### Action item
Lines containing the word "group" in the data below: say how many, with no other text.

### Provided entries
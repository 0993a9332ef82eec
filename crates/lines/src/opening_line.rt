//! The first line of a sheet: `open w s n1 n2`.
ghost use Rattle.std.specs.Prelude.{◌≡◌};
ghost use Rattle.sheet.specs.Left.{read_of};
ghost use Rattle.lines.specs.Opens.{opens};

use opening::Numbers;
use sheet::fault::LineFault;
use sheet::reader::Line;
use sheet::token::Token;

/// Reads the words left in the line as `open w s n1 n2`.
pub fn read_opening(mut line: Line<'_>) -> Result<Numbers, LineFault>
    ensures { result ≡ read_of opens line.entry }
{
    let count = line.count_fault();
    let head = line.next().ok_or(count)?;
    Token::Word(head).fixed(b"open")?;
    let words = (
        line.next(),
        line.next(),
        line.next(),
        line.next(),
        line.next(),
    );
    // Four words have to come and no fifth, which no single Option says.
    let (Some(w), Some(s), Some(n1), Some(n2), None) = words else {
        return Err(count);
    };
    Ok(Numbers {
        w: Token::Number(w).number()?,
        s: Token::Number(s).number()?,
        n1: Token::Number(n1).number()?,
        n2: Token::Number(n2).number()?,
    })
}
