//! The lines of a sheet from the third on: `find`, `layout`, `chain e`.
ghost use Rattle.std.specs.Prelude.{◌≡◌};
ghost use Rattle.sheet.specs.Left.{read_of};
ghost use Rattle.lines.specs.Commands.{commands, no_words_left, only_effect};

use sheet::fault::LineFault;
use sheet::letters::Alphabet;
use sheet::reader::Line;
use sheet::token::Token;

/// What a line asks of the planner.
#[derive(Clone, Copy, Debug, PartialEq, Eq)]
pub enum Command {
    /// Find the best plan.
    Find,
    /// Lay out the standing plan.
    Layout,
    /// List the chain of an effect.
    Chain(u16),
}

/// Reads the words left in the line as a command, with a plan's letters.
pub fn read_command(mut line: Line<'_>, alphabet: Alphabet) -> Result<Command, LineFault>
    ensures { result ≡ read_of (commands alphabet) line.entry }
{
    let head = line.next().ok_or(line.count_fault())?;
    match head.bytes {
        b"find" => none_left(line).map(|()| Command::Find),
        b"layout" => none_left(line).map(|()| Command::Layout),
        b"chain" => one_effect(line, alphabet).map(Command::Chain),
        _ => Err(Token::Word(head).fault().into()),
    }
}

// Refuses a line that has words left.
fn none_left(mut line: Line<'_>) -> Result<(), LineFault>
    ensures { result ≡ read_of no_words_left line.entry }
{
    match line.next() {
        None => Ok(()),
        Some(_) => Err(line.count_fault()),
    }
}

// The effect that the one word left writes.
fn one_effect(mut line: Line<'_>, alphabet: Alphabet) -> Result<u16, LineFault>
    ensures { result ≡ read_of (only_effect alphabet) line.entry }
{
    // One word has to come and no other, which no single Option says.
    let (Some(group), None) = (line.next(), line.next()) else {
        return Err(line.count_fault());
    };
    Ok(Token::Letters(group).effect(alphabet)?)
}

### Reply
2